* **Extracted data entries**:
################

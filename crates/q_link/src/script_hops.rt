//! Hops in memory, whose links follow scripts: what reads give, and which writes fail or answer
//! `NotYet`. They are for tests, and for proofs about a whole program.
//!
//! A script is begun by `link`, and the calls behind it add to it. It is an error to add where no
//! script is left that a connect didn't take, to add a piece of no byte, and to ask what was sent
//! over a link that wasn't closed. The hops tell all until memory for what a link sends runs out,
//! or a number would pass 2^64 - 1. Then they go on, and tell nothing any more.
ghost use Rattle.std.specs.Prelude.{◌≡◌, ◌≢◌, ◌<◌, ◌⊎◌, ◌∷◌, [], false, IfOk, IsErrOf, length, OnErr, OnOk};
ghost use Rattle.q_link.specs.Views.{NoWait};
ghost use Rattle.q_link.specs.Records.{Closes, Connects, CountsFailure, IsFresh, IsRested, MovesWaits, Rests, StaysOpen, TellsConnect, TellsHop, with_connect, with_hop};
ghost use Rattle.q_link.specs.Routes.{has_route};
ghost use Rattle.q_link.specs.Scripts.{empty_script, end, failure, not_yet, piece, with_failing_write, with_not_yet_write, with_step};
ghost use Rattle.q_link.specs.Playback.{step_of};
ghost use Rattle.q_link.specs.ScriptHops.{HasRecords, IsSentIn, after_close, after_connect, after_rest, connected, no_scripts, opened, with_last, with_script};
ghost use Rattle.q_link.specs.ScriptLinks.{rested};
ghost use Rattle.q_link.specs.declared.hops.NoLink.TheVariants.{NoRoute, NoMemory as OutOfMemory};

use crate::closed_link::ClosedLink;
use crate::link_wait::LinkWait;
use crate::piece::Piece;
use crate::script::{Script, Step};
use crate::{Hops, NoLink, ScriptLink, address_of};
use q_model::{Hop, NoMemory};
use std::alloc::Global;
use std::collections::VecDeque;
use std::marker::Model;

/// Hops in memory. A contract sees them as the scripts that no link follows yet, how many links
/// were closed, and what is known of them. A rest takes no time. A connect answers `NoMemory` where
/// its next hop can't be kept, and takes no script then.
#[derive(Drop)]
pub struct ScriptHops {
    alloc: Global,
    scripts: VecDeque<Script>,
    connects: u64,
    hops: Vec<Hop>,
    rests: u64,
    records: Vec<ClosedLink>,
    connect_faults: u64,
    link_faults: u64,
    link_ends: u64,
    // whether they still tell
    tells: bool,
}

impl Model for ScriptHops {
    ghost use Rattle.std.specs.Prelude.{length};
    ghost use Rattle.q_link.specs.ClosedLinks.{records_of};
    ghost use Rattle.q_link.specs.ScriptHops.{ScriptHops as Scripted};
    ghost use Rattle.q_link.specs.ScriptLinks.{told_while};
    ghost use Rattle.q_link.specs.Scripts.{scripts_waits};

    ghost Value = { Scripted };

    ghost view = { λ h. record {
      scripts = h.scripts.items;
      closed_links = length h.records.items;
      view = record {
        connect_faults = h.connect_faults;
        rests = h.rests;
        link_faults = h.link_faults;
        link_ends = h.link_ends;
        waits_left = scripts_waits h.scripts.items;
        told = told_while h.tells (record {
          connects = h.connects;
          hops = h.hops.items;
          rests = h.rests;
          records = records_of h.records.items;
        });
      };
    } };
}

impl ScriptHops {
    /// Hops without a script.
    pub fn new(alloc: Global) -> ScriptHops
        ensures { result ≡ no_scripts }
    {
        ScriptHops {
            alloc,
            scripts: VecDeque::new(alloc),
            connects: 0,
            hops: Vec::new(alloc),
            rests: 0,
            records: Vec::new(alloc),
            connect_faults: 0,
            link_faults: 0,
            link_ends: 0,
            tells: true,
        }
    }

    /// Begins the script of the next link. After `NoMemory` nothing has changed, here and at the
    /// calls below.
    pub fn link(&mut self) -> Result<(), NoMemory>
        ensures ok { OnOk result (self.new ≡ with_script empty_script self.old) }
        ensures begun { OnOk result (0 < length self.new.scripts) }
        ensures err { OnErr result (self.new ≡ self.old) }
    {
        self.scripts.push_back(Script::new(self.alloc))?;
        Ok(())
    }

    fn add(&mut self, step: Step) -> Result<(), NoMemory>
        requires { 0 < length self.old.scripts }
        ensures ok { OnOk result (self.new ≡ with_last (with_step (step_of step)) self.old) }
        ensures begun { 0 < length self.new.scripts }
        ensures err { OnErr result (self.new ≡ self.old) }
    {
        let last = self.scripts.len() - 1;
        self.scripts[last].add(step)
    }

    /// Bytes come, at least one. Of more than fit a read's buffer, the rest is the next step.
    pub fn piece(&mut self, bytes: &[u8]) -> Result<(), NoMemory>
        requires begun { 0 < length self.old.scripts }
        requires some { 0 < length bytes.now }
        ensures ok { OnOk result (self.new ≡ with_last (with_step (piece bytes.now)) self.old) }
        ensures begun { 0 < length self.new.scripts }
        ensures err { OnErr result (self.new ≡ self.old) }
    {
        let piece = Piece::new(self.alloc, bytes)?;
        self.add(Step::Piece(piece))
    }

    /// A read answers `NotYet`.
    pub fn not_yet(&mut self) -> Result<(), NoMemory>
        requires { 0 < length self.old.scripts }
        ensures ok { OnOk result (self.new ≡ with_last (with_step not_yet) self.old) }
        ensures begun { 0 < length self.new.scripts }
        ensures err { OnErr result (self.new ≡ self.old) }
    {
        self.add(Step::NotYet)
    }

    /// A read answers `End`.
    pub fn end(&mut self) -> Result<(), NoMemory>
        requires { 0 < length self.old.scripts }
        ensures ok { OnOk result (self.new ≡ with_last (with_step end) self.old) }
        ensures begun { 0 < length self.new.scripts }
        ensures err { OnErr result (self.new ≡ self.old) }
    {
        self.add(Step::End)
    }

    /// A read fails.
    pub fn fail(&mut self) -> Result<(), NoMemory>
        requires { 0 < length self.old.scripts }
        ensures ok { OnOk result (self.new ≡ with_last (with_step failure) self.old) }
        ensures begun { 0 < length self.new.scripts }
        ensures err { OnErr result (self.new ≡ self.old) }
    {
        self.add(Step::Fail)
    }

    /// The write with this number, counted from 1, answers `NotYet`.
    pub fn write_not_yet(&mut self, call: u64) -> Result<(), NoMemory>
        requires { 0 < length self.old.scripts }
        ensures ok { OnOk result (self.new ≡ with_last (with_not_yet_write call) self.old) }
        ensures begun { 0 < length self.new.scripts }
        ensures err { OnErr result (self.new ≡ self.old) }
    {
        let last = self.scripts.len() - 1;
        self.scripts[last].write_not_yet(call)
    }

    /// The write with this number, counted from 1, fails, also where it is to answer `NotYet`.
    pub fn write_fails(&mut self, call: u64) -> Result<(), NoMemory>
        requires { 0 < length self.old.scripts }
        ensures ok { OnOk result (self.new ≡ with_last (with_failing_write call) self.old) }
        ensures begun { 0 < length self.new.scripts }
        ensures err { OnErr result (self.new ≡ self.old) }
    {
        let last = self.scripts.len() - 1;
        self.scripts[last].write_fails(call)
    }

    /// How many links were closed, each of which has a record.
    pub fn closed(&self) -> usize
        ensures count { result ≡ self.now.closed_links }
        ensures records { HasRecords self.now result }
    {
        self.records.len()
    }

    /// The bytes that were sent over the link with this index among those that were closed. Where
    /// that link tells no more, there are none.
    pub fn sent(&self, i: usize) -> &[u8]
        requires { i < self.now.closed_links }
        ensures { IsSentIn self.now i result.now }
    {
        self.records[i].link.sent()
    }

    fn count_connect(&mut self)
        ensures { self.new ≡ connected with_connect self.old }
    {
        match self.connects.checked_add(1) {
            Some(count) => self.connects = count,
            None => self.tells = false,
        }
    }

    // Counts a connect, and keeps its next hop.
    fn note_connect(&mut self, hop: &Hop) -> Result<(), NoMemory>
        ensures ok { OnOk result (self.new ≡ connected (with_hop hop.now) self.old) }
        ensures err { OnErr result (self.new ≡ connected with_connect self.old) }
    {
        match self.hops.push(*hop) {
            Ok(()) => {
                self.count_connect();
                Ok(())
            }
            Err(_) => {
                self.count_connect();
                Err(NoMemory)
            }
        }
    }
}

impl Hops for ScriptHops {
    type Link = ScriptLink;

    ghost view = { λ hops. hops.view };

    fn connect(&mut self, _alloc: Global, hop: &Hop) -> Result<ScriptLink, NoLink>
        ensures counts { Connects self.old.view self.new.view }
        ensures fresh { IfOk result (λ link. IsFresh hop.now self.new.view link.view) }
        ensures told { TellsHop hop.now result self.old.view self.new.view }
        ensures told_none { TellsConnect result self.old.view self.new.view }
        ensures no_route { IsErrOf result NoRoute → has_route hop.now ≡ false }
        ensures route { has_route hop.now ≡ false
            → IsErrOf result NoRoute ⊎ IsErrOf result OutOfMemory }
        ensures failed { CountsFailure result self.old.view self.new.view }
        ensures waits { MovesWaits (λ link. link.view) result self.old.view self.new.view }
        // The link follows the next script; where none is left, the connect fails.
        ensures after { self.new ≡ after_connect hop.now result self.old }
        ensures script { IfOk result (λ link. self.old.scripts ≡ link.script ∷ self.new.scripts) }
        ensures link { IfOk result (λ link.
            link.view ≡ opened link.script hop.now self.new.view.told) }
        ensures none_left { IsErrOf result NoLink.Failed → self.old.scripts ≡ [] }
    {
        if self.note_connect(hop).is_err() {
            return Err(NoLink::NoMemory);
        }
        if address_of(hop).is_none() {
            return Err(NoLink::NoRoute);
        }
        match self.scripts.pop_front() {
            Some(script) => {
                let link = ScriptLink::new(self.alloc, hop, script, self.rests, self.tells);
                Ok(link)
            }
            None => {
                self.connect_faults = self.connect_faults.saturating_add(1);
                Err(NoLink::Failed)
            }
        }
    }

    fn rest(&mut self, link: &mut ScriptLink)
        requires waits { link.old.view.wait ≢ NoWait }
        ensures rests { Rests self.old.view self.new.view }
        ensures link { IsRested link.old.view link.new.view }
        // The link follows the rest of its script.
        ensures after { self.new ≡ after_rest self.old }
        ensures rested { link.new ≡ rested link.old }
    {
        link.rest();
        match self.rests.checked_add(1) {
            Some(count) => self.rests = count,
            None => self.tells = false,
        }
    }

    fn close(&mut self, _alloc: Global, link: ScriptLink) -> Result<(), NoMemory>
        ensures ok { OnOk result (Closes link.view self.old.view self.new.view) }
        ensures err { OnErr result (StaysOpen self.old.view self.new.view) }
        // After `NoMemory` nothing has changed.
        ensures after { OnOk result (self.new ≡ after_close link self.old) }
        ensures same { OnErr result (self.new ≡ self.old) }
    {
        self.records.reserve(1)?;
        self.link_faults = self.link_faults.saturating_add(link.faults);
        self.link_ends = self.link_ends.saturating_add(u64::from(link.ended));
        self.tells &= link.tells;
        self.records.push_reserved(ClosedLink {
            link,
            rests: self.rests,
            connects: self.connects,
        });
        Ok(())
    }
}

################

* **DIRECTIONS FOR THIS TASK**:
Using the entries above, work out the number of lines that hold the word "items" and write it with no other words.

* **EXERCISE RESPONSE**:
5